**Task objective:**
When the line containing "result ≡ name_bucket" is found in the data below, copy it and each line after it through the line containing "of a thread.", exactly and with no others.

Dataset entries
=======
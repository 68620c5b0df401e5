//! Records as a plan sees them: by looks that are counted.

ghost use Rattle.std.specs.Prelude.{◌≡◌, ◌<◌, ◌+◌, ℕ, true, length, slice_get, Some, OnOk};
ghost use Rattle.std.specs.BinaryHeap.{heap_items};
ghost use Rattle.linked_classes.specs.Cells.{cell_at};
ghost use Rattle.step_index.specs.Buckets.{by_set};
ghost use Rattle.step_index.specs.Due.{IsBehind, IsGrown};
ghost use Rattle.step_index.specs.Queue.{has_place};
ghost use Rattle.step_index.specs.Records.{classes_by};

use crate::buckets::Classing;
use crate::due::put_behind;
use crate::queue::PlaceQueue;
use linked_classes::ClassedVec;
use saved_steps::StepRecord;
use std::alloc::AllocError;
use std::marker::Model;

/// How many records were looked at.
#[derive(Debug, Drop)]
pub struct Looks {
    count: u64,
}

impl Looks {
    /// None.
    pub fn new() -> Looks
        ensures { result.count ≡ 0 }
    {
        Looks { count: 0 }
    }

    /// How many there were.
    pub fn count(&self) -> u64
        ensures { result ≡ self.now.count }
    {
        self.count
    }
}

/// Records of which only the classes are told, and which are handed out by a call that counts. Contracts see their list.
#[derive(Drop)]
pub(crate) struct CountedRecords<'a> {
    pub(crate) records: &'a ClassedVec<StepRecord>,
}

impl<'a> Model for CountedRecords<'a> {
    ghost use Rattle.std.specs.Prelude.{List};
    ghost use Rattle.saved_steps.specs.declared.record.StepRecord.{StepRecord as Kept};
    ghost use Rattle.saved_steps.specs.contracts.record.StepRecord as record_row;
    ghost use Rattle.std.specs.Coded.{codes};
    ghost use Rattle.step_index.specs.Records.{AreIndexed};

    ghost Value = { List Kept };

    ghost coded = { Prim.hlevel (codes, record_row.the_row.coded) };

    ghost view = { λ a. a.records.now.items };

    ghost invariant = { λ a. AreIndexed a.records.now };
}

impl<'a> CountedRecords<'a> {
    pub(crate) fn len(&self) -> usize
        ensures { result ≡ length self.now }
    {
        self.records.len()
    }

    /// Puts the places of a class behind one to those that are due. No record is looked at.
    pub(crate) fn put_behind(
        &self,
        due: &mut PlaceQueue,
        by: Classing,
        class: u32,
        at: usize,
    ) -> Result<(), AllocError>
        requires { class < 16381 }
        ensures all { OnOk result ((k : ℕ) → at < k → cell_at (classes_by (by_set by) self.now) k ≡ Some class → has_place (heap_items due.new.heap) k ≡ true) }
        ensures grown { OnOk result (IsGrown (IsBehind (classes_by (by_set by) self.now) class at) (has_place (heap_items due.old.heap)) (has_place (heap_items due.new.heap))) }
    {
        put_behind(due, self.records, by, class, at)
    }

    /// Hands out the record at a place, and counts it.
    pub(crate) fn look(&self, looks: &mut Looks, place: usize) -> &'a StepRecord
        requires there { place < length self.now }
        requires room { looks.old.count < 18446744073709551615 }
        ensures record { slice_get self.now place ≡ Some result.now }
        ensures counted { looks.new.count ≡ looks.old.count + 1 }
    {
        looks.count += 1;
        self.records.get(place)
    }
}
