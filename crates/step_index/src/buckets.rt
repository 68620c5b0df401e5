//! In which class a step is, by the hash of a part of its fact.

ghost use Rattle.std.specs.Prelude.{◌≡◌, ◌<◌, ◌≤◌, ◌%◌, ◌||◌, ℕ, IfSome, Some, length};
ghost use Rattle.std.specs.Hash.FoldHasher.{finish};
ghost use Rattle.depends.specs.Dependence.{is_start};
ghost use Rattle.saved_steps.specs.Steps.{is_fork};
ghost use Rattle.step_index.specs.Buckets.{thread_at_depth, by_home, by_name, by_thread, by_exec, by_gate, by_key, by_write, name_bucket, thread_bucket, exec_bucket, key_bucket, is_gate, all_classes, set_number};
ghost use Rattle.linked_classes.specs.Cells.{cell_at};

use attr_values::Key;
use item_store::AccessMode;
use saved_steps::{Fact, Kind};
use std::hash::{FoldHasher, Hash, Hasher};
use step_names::{StepName, ThreadName};

/// How many classes there are: a prime number.
pub(crate) const BUCKETS: u32 = 16_381;

/// By what steps are in classes.
#[derive(Clone, Copy, Debug, Drop)]
pub(crate) enum Classing {
    Names,
    Threads,
    Execs,
    /// By their executions, of those alone that close a fork or waited for branches.
    Gates,
    Keys,
    /// By their keys, of those alone that wrote.
    Writes,
}

/// The number of a set of classes.
pub(crate) fn set_number(set: Classing) -> u32
    ensures number { result ≡ set_number set }
    ensures below { result < 6 }
{
    match set {
        Classing::Names => 0,
        Classing::Threads => 1,
        Classing::Execs => 2,
        Classing::Gates => 3,
        Classing::Keys => 4,
        Classing::Writes => 5,
    }
}

/// The class of a step in each set.
pub(crate) fn all_classes(fact: &Fact) -> [Option<u32>; 6]
    ensures classes { result ≡ all_classes fact.now }
    ensures below { (set : ℕ) → set < 6 → IfSome (cell_at result set) (λ c. c < 16381) }
{
    let name = &fact.name;
    [
        Some(name_bucket(name)),
        Some(thread_bucket(&name.thread)),
        Some(exec_bucket(name.thread.exec())),
        gate_bucket(fact),
        access_bucket(fact),
        write_bucket(fact),
    ]
}

/// The class of a step's name.
#[tactic(auto, unfolding(crate::specs::Buckets::name_bucket))]
pub(crate) fn name_bucket(name: &StepName) -> u32
    ensures bucket { result ≡ name_bucket name.now }
    ensures below { result < 16381 }
{
    let mut hasher = FoldHasher::default();
    name.thread.exec().hash(&mut hasher);
    name.thread.path().hash(&mut hasher);
    name.no.hash(&mut hasher);
    bucket_of(&hasher)
}

/// The class of a thread.
#[tactic(auto, unfolding(crate::specs::Buckets::thread_bucket))]
pub(crate) fn thread_bucket(thread: &ThreadName) -> u32
    ensures bucket { result ≡ thread_bucket thread.now }
    ensures below { result < 16381 }
{
    let mut hasher = FoldHasher::default();
    thread.exec().hash(&mut hasher);
    thread.path().hash(&mut hasher);
    bucket_of(&hasher)
}

/// The class of the thread above one, or of it itself, that has so many of its branches.
#[tactic(auto, unfolding(crate::specs::Buckets::thread_bucket))]
pub(crate) fn bucket_above(thread: &ThreadName, depth: usize) -> u32
    requires { depth ≤ length thread.now.path }
    ensures bucket { result ≡ thread_bucket (thread_at_depth thread.now depth) }
    ensures below { result < 16381 }
{
    let mut hasher = FoldHasher::default();
    thread.exec().hash(&mut hasher);
    thread.path()[..depth].hash(&mut hasher);
    bucket_of(&hasher)
}

/// The class of the thread where a step is at home.
pub(crate) fn home_bucket(fact: &Fact) -> u32
    ensures bucket { Some result ≡ by_home fact.now }
    ensures below { result < 16381 }
{
    match fact.kind {
        Kind::Start => bucket_above(&fact.name.thread, 0),
        _ => thread_bucket(&fact.name.thread),
    }
}

/// The class of an execution.
#[tactic(auto, unfolding(crate::specs::Buckets::exec_bucket))]
pub(crate) fn exec_bucket(exec: &str) -> u32
    ensures bucket { result ≡ exec_bucket exec.now }
    ensures below { result < 16381 }
{
    let mut hasher = FoldHasher::default();
    exec.hash(&mut hasher);
    bucket_of(&hasher)
}

/// The class of the execution of a step that closes a fork, or that waited for branches under a bound.
pub(crate) fn gate_bucket(fact: &Fact) -> Option<u32>
    ensures bucket { result ≡ by_gate fact.now }
    ensures below { IfSome result (λ b. b < 16381) }
{
    if !is_gate(fact) {
        return None;
    }
    Some(exec_bucket(fact.name.thread.exec()))
}

/// Whether a step closes a fork, or waited for branches under a bound.
pub(crate) fn is_gate(fact: &Fact) -> bool
    ensures { result ≡ is_gate fact.now }
{
    match fact.kind {
        Kind::Join | Kind::Terminate => true,
        Kind::Start | Kind::Plain | Kind::Call | Kind::Fork => fact.bound != 0,
    }
}

/// Whether threads are there by a step of this kind.
pub(crate) fn makes_threads(kind: Kind) -> bool
    ensures { result ≡ (is_start kind || is_fork kind) }
{
    matches!(kind, Kind::Start | Kind::Fork)
}

/// The class of the key that a step touched.
pub(crate) fn access_bucket(fact: &Fact) -> Option<u32>
    ensures bucket { result ≡ by_key fact.now }
    ensures below { IfSome result (λ b. b < 16381) }
{
    match &fact.access {
        Some(access) => Some(key_bucket(&access.key)),
        None => None,
    }
}

/// The class of the key that a step wrote.
pub(crate) fn write_bucket(fact: &Fact) -> Option<u32>
    ensures bucket { result ≡ by_write fact.now }
    ensures below { IfSome result (λ b. b < 16381) }
{
    let Some(access) = &fact.access else {
        return None;
    };
    match access.mode {
        AccessMode::Write => Some(key_bucket(&access.key)),
        AccessMode::Read => None,
    }
}

/// The class of a key.
#[tactic(auto, unfolding(crate::specs::Buckets::key_bucket))]
pub(crate) fn key_bucket(key: &Key) -> u32
    ensures bucket { result ≡ key_bucket key.now }
    ensures below { result < 16381 }
{
    let mut hasher = FoldHasher::default();
    key.hash(&mut hasher);
    bucket_of(&hasher)
}

fn bucket_of(hasher: &FoldHasher) -> u32
    ensures bucket { result ≡ finish hasher.now % 16381 }
    ensures below { result < 16381 }
{
    (hasher.finish() % BUCKETS as u64) as u32
}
=======
**Answer below:**
    ensures bucket { result ≡ name_bucket name.now }
    ensures below { result < 16381 }
{
    let mut hasher = FoldHasher::default();
    name.thread.exec().hash(&mut hasher);
    name.thread.path().hash(&mut hasher);
    name.no.hash(&mut hasher);
    bucket_of(&hasher)
}

/// The class of a thread.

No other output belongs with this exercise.